Figure 13 (a) shows the object detection results in hazy scenes, while Fig. 13 (b) displays the detection results after being processed by RKNet. It is observed that the number of detected objects increased noticeably, indicating that the removal of haze boosted the visibility and made previously undetectable objects discernible. The results are particularly significant in high-density haze regions, where objects were previously completely obscured by the haze. Furthermore, the probabilities for dehazed objects exhibits overall improved, reflecting enhanced confidence of the algorithm in the detected object categories. This enhancement can be attributed to RKNet effectively eliminating the visual artifacts caused by haze, resulting in more accurate object detection outcomes. The experimental results underscore the potential of RKNet in addressing the challenges posed by hazy weather conditions in real-world object detection applications.

Fig. 14
Fig. 14
Full size image

The reconstructed examples of sandstorm images39 using the fusion strategy, where (a) are the original sandstorm images, (b) are the color balanced images and (c) are the clear images enhanced by RKNet.

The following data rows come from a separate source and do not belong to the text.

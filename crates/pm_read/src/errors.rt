//! Why no request was read.
ghost use Rattle.std.specs.Prelude.{◌≡◌};

use pm_model::{BadLine, Memory};

/// Why no request was read.
#[derive(Clone, Copy)]
pub(crate) enum ReadError {
    /// The line is no request.
    Bad(BadLine),
    /// There was no memory to read it.
    Memory,
}

impl From<BadLine> for ReadError {
    ghost use Rattle.pm_read.specs.declared.errors.ReadError.TheVariants.{Bad};

    ghost from_gives = { λ bad e. e ≡ Bad bad };

    fn from(bad: BadLine) -> ReadError {
        ReadError::Bad(bad)
    }
}

impl From<Memory> for ReadError {
    ghost use Rattle.pm_read.specs.declared.errors.ReadError.TheVariants as error;

    ghost from_gives = { λ m e. e ≡ error.Memory };

    fn from(_memory: Memory) -> ReadError {
        ReadError::Memory
    }
}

Sandstorm image reconstruction

Fusion strategy51 has been proven to be feasible for sandstorm image enhancement task. Following that line, we conduct a simple color equalization pre-processing51 and explore the feasibility of utilizing RKNet as the dust removal module in fusion strategy-based sand-dust image enhancement method. Given the sandstorm images as shown in Fig. 14 (a), we can see from Fig. 14 (b) that the color equalization method effectively balances the hue of the images and eliminates the interference of sand, but the dust still exists. In Fig. 14 (c), RKNet can further improve the clarity of the images by eliminating dust interference while retaining the local details.

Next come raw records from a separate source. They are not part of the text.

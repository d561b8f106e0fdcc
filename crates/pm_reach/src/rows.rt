//! The rows, and the step that is ready to be followed.

ghost use Rattle.std.specs.Prelude.{◌≡◌, ℕ, ◌<◌, ◌≤◌, ◌∷◌, [], true, false, Some, None, is_some, nat_lt, IsTrue, IsSome, IfOk, OnOk, OnErr, ◌+◌, ◌*◌, ◌/◌, ◌==◌};
ghost use Rattle.std.specs.Int.{bit_at};
ghost use Rattle.pm_model.specs.State.{element_at, opening_elements, opening_assigned};
ghost use Rattle.pm_reach.specs.Rows.{has, below, inside, most};
ghost use Rattle.pm_reach.specs.Order.{IsOrder};
ghost use Rattle.pm_reach.specs.Words.{in_row};
ghost use Rattle.pm_reach.specs.Changes.{TellContainment, CanFollow, Adds, Makes, Assigns, Deassigns, Removes};
ghost use Rattle.pm_reach.specs.declared.step.Step.{Step};

use crate::changes::{assign, deassign, make, remove};
use crate::containers::Containers;
use crate::inside::inside_of;
use crate::ready::{Ready, make_ready, ready_deassign};
use crate::step::Step;
use crate::table::RowTable;
use pm_model::{ElementId, Memory, Parents};
use std::alloc::Global;
use std::marker::Model;

/// Containment, kept as a row of bits for each live element. A change is made in two steps: `prepare`
/// takes all memory that it needs and changes no row; the call that follows it can't fail.
///
/// Beside the rows stands the union of each page of 64 of them, by which all that is contained in an
/// element is found: where something else ever was contained in it, a change costs a look at each page,
/// and at each row of the pages whose union has the element. The unions are a filter, which may have
/// more than the rows. They are at most 256 rows, which take 512 KiB.
pub(crate) struct Rows {
    table: RowTable,
    /// Row k has all that the rows of the numbers from 64 k on, 64 of them, have, and maybe more.
    unions: RowTable,
    ready: Option<Ready>,
    containers: Containers,
}

impl Drop for Rows {
    fn drop(self) {
        let Rows {
            table: _,
            unions: _,
            ready: _,
            containers: _,
        } = self;
    }
}

impl Model for Rows {
    ghost use Rattle.std.specs.Prelude.{option_map};
    ghost use Rattle.pm_reach.specs.Rows.{Readied};
    ghost use Rattle.pm_reach.specs.Order.{IsOrder};
    ghost use Rattle.pm_reach.specs.Ready.{step_of, IsPrepared};
    ghost use Rattle.pm_reach.specs.Passes.{AreContainers};
    ghost use Rattle.pm_reach.specs.Unions.{AreUnions};

    ghost Value = { Readied };

    ghost view = { λ a. record { rows = a.table.rows; ready = option_map step_of a.ready } };

    ghost invariant = { λ a. IsOrder a.table.rows × IsPrepared a.table a.unions.rows a.containers a.ready × AreContainers a.table.rows a.containers × AreUnions a.unions.rows a.table.rows };
}

/// Takes out what is ready.
fn take(ready: &mut Option<Ready>) -> Ready
    requires { IsSome ready.old }
    ensures step { ready.old ≡ Some result }
    ensures none { ready.new ≡ None }
{
    ready.take().unwrap()
}

impl Rows {
    /// The rows of the opening graph.
    pub(crate) fn opening(alloc: Global) -> Result<Rows, Memory>
        ensures live { IfOk result (λ r. (x : ℕ) → has r.rows x ≡ is_some (element_at opening_elements x)) }
        ensures rows { IfOk result (λ r. TellContainment opening_assigned r.rows) }
    {
        let mut rows = Rows::unassigned(alloc, 3)?;
        rows.on_assign(ElementId(2), ElementId(1))?;
        rows.on_assign(ElementId(1), ElementId(0))?;
        Ok(rows)
    }

    // The rows of so many elements, of which none is assigned to another.
    pub(crate) fn unassigned(alloc: Global, size: u32) -> Result<Rows, Memory>
        requires { size ≤ most }
        ensures live { IfOk result (λ r. (x : ℕ) → has r.rows x ≡ nat_lt x size) }
        ensures rows { IfOk result (λ r. TellContainment [] r.rows) }
    {
        let mut rows = Rows::empty(alloc)?;
        for x in 0..size {
            rows.on_add(ElementId(x))?;
        }
        Ok(rows)
    }

    #[tactic(auto, unfolding(crate::specs::Unions::AreUnions))]
    fn empty(alloc: Global) -> Result<Rows, Memory>
        ensures { IfOk result (λ r. r.rows ≡ []) }
    {
        let containers = Containers::new(alloc)?;
        Ok(Rows {
            table: RowTable::new(alloc),
            unions: RowTable::new(alloc),
            ready: None,
            containers,
        })
    }

    /// The rows are a partial order.
    pub(crate) fn ordered(&self)
        ensures { IsOrder self.now.rows }
    {
        let _ = &self.table;
    }

    /// Whether x is contained in y.
    pub(crate) fn contains(&self, x: ElementId, y: ElementId) -> bool
        requires x { has self.now.rows x ≡ true }
        requires y { has self.now.rows y ≡ true }
        ensures { result ≡ below self.now.rows x y }
    {
        self.table.has(x.number(), y.number())
    }

    /// The row of x; none where it has no row.
    pub(crate) fn row(&self, x: ElementId) -> &[u64]
        ensures { (y : ℕ) → in_row result.now y ≡ below self.now.rows x y }
    {
        self.table.words(x.number())
    }

    /// Which of the numbers from 64 k on, 64 of them, x is contained in: bit i is the number 64 k + i.
    pub(crate) fn above(&self, x: ElementId, k: u32) -> u64
        requires { has self.now.rows x ≡ true }
        ensures { (i : ℕ) → i < 64 → (bit_at result i == 1) ≡ below self.now.rows x (64 * k + i) }
    {
        self.table.word(x.number(), k)
    }

    /// Whether some of the numbers from 64 k on, 64 of them, may be contained in y, as the union of their rows tells. It may say
    /// yes where none is, and never no where one is.
    #[tactic(auto, using(crate::proofs::Covering::union_lacks))]
    pub(crate) fn may_hold(&self, y: ElementId, k: u32) -> bool
        ensures { result ≡ false → (x : ℕ) → x / 64 ≡ k → below self.now.rows x y ≡ false }
    {
        self.unions.has(k, y.number())
    }

    /// Takes all memory that following the step needs, and changes no row. What was ready before is let
    /// go, also after want of memory.
    pub(crate) fn prepare(&mut self, step: Step) -> Result<(), Memory>
        requires possible { CanFollow self.old.rows step }
        ensures rows { self.new.rows ≡ self.old.rows }
        ensures ready { OnOk result (self.new.ready ≡ Some step) }
        ensures err { OnErr result (self.new.ready ≡ None) }
    {
        self.ready = None;
        let ready = make_ready(
            &mut self.table,
            &mut self.unions,
            &mut self.containers,
            step,
        )?;
        self.ready = Some(ready);
        Ok(())
    }

    /// Follows that x was made, and assigned to the container where there is one.
    pub(crate) fn follow_make(&mut self, x: ElementId, into: Option<ElementId>)
        requires { self.old.ready ≡ Some (Step.Make x into) }
        ensures rows { Makes x into self.old.rows self.new.rows }
        ensures ready { self.new.ready ≡ None }
    {
        let ready = take(&mut self.ready);
        make(&mut self.table, ready, x, into);
    }

    /// Follows that x was assigned to y. Answers how many rows were written.
    pub(crate) fn follow_assign(&mut self, x: ElementId, y: ElementId) -> u64
        requires { self.old.ready ≡ Some (Step.Assign x y) }
        ensures rows { Assigns x y self.old.rows self.new.rows }
        ensures count { result ≡ inside self.old.rows x }
        ensures ready { self.new.ready ≡ None }
    {
        let ready = take(&mut self.ready);
        assign(&mut self.table, ready, x, y)
    }

    /// Follows that x isn't assigned to y any more. The parents are those after this. Answers how many rows
    /// were written.
    pub(crate) fn follow_deassign<P: Parents>(
        &mut self,
        x: ElementId,
        y: ElementId,
        parents: &P,
    ) -> u64
        requires ready { self.old.ready ≡ Some (Step.Deassign x y) }
        requires live { (z : ℕ) → has self.old.rows z ≡ true → IsTrue (P.live parents.now z) }
        requires rows { (z : ℕ) → IsTrue (P.live parents.now z) → has self.old.rows z ≡ true }
        requires was { TellContainment ((x, y) ∷ P.assigned parents.now) self.old.rows }
        ensures rows { Deassigns x (P.assigned parents.now) self.old.rows self.new.rows }
        ensures count { result ≡ inside self.old.rows x }
        ensures ready { self.new.ready ≡ None }
    {
        let ready = take(&mut self.ready);
        deassign(&mut self.table, ready, x, y, parents)
    }

    /// Follows that x was deleted.
    pub(crate) fn follow_remove(&mut self, x: ElementId)
        requires { self.old.ready ≡ Some (Step.Remove x) }
        ensures rows { Removes x self.old.rows self.new.rows }
        ensures ready { self.new.ready ≡ None }
    {
        let ready = take(&mut self.ready);
        remove(&mut self.table, ready, x);
    }

    /// Prepares and follows that x is made.
    pub(crate) fn on_add(&mut self, x: ElementId) -> Result<(), Memory>
        requires none { has self.old.rows x ≡ false }
        requires few { x < most }
        ensures rows { OnOk result (Adds x self.old.rows self.new.rows) }
        ensures err { OnErr result (self.new.rows ≡ self.old.rows) }
    {
        self.prepare(Step::Make { x, into: None })?;
        self.follow_make(x, None);
        Ok(())
    }

    /// Prepares and follows that x is assigned to y. Answers how many rows were written.
    pub(crate) fn on_assign(&mut self, x: ElementId, y: ElementId) -> Result<u64, Memory>
        requires x { has self.old.rows x ≡ true }
        requires y { has self.old.rows y ≡ true }
        requires apart { below self.old.rows y x ≡ false }
        ensures rows { OnOk result (Assigns x y self.old.rows self.new.rows) }
        ensures count { IfOk result (λ written. written ≡ inside self.old.rows x) }
        ensures err { OnErr result (self.new.rows ≡ self.old.rows) }
    {
        self.prepare(Step::Assign { x, y })?;
        Ok(self.follow_assign(x, y))
    }

    /// Prepares and follows that x isn't assigned to y any more. The parents are those after this. Answers
    /// how many rows were written.
    pub(crate) fn on_deassign<P: Parents>(
        &mut self,
        x: ElementId,
        y: ElementId,
        parents: &P,
    ) -> Result<u64, Memory>
        requires live { (z : ℕ) → has self.old.rows z ≡ true → IsTrue (P.live parents.now z) }
        requires rows { (z : ℕ) → IsTrue (P.live parents.now z) → has self.old.rows z ≡ true }
        requires was { TellContainment ((x, y) ∷ P.assigned parents.now) self.old.rows }
        ensures rows { OnOk result (Deassigns x (P.assigned parents.now) self.old.rows self.new.rows) }
        ensures count { IfOk result (λ written. written ≡ inside self.old.rows x) }
        ensures err { OnErr result (self.new.rows ≡ self.old.rows) }
    {
        self.ready = None;
        let ready = ready_deassign(&mut self.table, &mut self.unions, &self.containers, x, y)?;
        Ok(deassign(&mut self.table, ready, x, y, parents))
    }

    /// Prepares and follows that x is deleted.
    pub(crate) fn on_remove(&mut self, x: ElementId) -> Result<(), Memory>
        requires x { has self.old.rows x ≡ true }
        requires empty { (p : ℕ) → below self.old.rows p x ≡ true → p ≡ x }
        ensures rows { OnOk result (Removes x self.old.rows self.new.rows) }
        ensures err { OnErr result (self.new.rows ≡ self.old.rows) }
    {
        self.prepare(Step::Remove { x })?;
        self.follow_remove(x);
        Ok(())
    }

    /// Where it takes its memory from.
    pub(crate) fn alloc(&self) -> Global {
        self.table.alloc()
    }

    /// Whether x has a row.
    pub(crate) fn live(&self, x: ElementId) -> bool
        ensures { result ≡ has self.now.rows x }
    {
        self.table.has_row(x.number())
    }

    /// How many elements are contained in x. It takes memory for a row of them.
    #[tactic(auto, using(crate::proofs::Passing::count_same))]
    pub(crate) fn inside(&self, x: ElementId) -> Result<u64, Memory>
        ensures { IfOk result (λ n. n ≡ inside self.now.rows x) }
    {
        let found = inside_of(&self.table, &self.unions, &self.containers, x)?;
        Ok(found.count())
    }

    /// Lets copies made from now on share all that is there: such a copy is one of pointers. It takes
    /// memory for what wasn't shared before. What is shared is copied where it is to be written, so
    /// nothing is ready any more.
    pub(crate) fn share(&mut self) -> Result<(), Memory>
        ensures rows { self.new.rows ≡ self.old.rows }
        ensures ready { self.new.ready ≡ None }
    {
        self.ready = None;
        self.table.share()?;
        self.unions.share()
    }

    /// The same rows once more, and nothing ready. Neither sees what the other writes from then on.
    pub(crate) fn copy(&self) -> Result<Rows, Memory>
        ensures rows { IfOk result (λ same. same.rows ≡ self.now.rows) }
        ensures ready { IfOk result (λ same. same.ready ≡ None) }
    {
        let table = self.table.copy()?;
        let unions = self.unions.copy()?;
        let containers = self.containers.copy()?;
        Ok(Rows {
            table,
            unions,
            ready: None,
            containers,
        })
    }
}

Underwater image enhancement

Although the proposed algorithm is designed for haze image reconstruction, it has potential applications in complex underwater environments. As shown in Fig. 15, we provide several enhanced examples of underwater images. The top row is the original underwater images and the bottom row is the enhanced results using the proposed method. It is evident that RKNet successfully eliminates the haziness in the images and restores the color characteristics of the scene. From the aesthetic perspective, RKNet can effectively improve the visual quality of the degraded underwater images.

Fig. 15
Fig. 15
Full size image

The enhanced examples of underwater images52 using RKNet, where (a) are the underwater images and (b) are the clear images reconstructed by RKNet.

Conclusion

In this paper, we first analysed the weaknesses in current YUV-based dehazing methods and introduced an improved haze removal strategy in YUV space. Following the optimised strategy, we proposed a novel image dehazing network called RKNet, which consists of Y domain haze removal and UV domain chrominance enhancement two parts. Based on the 3rd-order Runge-Kutta method, we designed a RK3 block and integrated it into RKNet to reduce parameter redundancy and computational costs. The experimental results on synthetic and real-world benchmarks demonstrate that RKNet outperforms the SOTA algorithms both qualitatively and quantitatively. Moreover, the proposed algorithm has the potential to improve the performance of object detection model and also generalizes well in other low-level image processing tasks, such as sandstorm image reconstruction and underwater image enhancement.